>>>

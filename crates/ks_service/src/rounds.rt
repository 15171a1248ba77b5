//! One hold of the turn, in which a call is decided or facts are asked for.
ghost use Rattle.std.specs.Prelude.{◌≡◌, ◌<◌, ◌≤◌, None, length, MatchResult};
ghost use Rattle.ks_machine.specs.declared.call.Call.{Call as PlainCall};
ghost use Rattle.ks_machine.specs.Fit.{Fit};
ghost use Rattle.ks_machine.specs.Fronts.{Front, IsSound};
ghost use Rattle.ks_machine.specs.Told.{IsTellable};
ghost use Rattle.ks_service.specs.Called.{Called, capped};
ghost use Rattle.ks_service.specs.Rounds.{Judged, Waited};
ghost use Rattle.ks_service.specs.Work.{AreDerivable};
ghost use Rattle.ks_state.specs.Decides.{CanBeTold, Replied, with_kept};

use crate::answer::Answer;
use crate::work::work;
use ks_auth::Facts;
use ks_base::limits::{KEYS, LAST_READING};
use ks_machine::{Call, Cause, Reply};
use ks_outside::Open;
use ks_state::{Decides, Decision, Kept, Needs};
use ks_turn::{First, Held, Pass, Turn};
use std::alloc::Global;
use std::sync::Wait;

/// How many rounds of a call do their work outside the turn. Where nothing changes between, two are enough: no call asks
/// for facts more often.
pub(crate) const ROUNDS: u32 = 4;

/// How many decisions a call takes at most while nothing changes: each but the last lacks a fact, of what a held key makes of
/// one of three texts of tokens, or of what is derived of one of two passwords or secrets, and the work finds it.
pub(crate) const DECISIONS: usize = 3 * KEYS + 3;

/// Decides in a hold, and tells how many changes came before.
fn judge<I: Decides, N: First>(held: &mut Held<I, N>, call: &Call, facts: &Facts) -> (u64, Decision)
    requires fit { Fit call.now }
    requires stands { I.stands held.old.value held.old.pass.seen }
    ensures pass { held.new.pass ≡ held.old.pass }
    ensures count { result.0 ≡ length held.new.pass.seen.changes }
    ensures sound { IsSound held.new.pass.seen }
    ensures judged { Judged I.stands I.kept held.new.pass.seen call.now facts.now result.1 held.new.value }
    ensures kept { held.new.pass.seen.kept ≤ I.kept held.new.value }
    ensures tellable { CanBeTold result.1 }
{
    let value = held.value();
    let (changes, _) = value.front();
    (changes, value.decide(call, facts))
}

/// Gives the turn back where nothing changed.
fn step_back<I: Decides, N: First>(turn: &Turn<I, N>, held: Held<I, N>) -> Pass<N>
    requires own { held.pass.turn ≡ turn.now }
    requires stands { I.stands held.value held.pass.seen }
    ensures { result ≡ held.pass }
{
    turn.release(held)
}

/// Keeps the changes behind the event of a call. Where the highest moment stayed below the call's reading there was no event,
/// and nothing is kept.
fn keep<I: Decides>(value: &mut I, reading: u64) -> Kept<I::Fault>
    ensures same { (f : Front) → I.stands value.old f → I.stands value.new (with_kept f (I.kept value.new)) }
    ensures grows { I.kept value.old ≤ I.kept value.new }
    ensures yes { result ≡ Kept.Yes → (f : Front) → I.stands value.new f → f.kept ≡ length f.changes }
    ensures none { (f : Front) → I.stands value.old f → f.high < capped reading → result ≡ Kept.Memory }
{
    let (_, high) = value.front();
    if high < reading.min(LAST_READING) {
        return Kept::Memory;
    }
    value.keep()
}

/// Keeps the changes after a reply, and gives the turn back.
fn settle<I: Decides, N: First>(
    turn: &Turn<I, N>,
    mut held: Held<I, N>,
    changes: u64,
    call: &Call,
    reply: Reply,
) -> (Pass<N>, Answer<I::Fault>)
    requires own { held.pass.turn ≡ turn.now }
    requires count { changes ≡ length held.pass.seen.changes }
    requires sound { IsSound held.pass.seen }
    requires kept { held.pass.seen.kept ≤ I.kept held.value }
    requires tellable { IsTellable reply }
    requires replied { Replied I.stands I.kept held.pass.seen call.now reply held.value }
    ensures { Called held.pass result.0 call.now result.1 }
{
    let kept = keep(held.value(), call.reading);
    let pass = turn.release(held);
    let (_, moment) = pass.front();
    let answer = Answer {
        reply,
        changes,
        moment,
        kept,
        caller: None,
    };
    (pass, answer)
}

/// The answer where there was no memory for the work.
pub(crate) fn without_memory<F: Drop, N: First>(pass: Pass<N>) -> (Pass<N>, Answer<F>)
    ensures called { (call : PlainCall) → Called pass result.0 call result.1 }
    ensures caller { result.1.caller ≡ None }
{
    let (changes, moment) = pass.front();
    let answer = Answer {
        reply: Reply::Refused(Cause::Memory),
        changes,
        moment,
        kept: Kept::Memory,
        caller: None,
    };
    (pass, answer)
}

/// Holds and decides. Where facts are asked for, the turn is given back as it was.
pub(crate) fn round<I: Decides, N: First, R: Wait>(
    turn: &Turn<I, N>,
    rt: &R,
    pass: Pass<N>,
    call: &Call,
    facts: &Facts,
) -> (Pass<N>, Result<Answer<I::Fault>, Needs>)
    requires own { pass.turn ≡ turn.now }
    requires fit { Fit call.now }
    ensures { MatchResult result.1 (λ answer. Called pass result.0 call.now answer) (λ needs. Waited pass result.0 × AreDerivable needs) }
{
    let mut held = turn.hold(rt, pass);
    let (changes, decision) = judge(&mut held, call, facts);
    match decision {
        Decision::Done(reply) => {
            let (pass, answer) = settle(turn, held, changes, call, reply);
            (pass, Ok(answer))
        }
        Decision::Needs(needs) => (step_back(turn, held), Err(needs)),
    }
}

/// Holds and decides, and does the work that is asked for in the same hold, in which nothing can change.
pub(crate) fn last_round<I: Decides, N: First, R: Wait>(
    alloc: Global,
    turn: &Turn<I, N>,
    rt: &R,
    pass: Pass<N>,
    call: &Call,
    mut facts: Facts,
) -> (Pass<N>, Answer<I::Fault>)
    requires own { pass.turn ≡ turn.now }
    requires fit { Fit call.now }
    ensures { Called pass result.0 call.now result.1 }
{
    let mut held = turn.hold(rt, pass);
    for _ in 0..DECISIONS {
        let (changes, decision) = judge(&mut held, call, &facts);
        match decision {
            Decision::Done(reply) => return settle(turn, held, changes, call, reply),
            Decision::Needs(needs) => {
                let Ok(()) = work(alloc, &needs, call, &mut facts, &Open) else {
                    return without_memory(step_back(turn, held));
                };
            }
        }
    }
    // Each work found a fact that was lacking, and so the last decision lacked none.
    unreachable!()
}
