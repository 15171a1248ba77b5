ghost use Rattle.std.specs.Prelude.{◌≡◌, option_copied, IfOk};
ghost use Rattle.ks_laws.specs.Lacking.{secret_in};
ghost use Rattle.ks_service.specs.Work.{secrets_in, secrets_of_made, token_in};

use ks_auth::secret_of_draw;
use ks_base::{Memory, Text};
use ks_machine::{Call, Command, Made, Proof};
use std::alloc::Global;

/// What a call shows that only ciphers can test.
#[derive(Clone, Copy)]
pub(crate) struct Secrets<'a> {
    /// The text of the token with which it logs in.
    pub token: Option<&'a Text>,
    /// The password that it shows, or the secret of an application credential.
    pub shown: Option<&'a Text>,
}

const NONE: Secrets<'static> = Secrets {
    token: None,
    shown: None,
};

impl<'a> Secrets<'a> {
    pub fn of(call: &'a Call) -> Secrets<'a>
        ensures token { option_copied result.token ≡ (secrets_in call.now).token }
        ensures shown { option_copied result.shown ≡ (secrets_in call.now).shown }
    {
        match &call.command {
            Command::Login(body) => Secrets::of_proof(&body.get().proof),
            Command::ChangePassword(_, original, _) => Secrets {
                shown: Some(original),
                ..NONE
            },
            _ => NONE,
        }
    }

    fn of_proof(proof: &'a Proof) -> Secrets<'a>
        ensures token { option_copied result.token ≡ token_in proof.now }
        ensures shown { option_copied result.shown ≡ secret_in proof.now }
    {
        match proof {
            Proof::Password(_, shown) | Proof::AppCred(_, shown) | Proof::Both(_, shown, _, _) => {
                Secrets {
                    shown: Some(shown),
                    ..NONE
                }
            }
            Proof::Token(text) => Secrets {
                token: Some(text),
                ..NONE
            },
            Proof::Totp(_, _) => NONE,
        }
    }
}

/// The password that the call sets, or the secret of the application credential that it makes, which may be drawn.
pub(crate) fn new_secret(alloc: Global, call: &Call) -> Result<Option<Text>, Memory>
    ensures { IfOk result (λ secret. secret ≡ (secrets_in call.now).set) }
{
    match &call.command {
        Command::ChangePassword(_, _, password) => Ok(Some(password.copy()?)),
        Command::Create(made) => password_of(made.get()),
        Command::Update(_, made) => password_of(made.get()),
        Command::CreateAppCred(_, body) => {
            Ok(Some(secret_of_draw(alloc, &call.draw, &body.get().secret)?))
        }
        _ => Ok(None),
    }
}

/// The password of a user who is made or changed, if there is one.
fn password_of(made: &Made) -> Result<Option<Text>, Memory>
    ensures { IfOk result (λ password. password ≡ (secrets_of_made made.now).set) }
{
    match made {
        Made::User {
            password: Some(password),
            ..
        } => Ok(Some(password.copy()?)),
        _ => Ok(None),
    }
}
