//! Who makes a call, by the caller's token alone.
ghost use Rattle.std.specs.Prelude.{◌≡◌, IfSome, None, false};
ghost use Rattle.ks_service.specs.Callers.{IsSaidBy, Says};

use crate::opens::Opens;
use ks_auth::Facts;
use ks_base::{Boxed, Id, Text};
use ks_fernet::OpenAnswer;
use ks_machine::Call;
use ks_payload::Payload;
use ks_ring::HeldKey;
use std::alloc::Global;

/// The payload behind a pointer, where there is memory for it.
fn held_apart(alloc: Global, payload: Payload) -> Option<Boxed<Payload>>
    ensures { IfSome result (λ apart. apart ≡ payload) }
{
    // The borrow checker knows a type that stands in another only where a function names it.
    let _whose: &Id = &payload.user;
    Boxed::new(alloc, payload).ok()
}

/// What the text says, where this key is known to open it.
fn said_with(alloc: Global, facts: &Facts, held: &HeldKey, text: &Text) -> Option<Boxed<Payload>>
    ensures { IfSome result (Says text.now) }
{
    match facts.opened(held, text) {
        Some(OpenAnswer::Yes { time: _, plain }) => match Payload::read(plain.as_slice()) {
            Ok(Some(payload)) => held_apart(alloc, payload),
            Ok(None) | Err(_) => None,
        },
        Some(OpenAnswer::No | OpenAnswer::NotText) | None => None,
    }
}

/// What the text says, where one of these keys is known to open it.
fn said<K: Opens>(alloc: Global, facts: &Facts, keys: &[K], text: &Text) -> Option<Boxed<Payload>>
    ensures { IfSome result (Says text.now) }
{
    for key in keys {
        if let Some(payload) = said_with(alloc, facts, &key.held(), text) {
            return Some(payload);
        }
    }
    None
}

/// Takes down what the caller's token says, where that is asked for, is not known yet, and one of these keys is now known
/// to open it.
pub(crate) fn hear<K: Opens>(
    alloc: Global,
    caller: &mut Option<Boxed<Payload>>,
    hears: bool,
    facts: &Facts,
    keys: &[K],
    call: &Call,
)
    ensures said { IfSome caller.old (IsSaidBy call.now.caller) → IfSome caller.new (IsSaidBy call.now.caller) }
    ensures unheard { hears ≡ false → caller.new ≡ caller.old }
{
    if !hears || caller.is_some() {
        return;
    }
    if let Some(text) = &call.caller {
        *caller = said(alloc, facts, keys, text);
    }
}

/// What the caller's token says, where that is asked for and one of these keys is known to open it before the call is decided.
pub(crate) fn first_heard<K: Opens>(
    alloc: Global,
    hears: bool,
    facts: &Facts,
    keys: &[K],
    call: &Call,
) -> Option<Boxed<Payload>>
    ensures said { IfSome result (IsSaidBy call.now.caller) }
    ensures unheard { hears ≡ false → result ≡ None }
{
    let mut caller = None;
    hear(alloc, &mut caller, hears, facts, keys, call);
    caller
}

<<<

_WHAT YOU WILL DO:_
Write the opening line of the data above and every line after it, exactly, stopping once you have written the line with "key makes of".

_REPLY TO THE EXERCISE:_
filename crates/ks_service/src/rounds.rt
repository 15171a1248ba77b5
//! One hold of the turn, in which a call is decided or facts are asked for.
ghost use Rattle.std.specs.Prelude.{◌≡◌, ◌<◌, ◌≤◌, None, length, MatchResult};
ghost use Rattle.ks_machine.specs.declared.call.Call.{Call as PlainCall};
ghost use Rattle.ks_machine.specs.Fit.{Fit};
ghost use Rattle.ks_machine.specs.Fronts.{Front, IsSound};
ghost use Rattle.ks_machine.specs.Told.{IsTellable};
ghost use Rattle.ks_service.specs.Called.{Called, capped};
ghost use Rattle.ks_service.specs.Rounds.{Judged, Waited};
ghost use Rattle.ks_service.specs.Work.{AreDerivable};
ghost use Rattle.ks_state.specs.Decides.{CanBeTold, Replied, with_kept};

use crate::answer::Answer;
use crate::work::work;
use ks_auth::Facts;
use ks_base::limits::{KEYS, LAST_READING};
use ks_machine::{Call, Cause, Reply};
use ks_outside::Open;
use ks_state::{Decides, Decision, Kept, Needs};
use ks_turn::{First, Held, Pass, Turn};
use std::alloc::Global;
use std::sync::Wait;

/// How many rounds of a call do their work outside the turn. Where nothing changes between, two are enough: no call asks
/// for facts more often.
pub(crate) const ROUNDS: u32 = 4;

/// How many decisions a call takes at most while nothing changes: each but the last lacks a fact, of what a held key makes of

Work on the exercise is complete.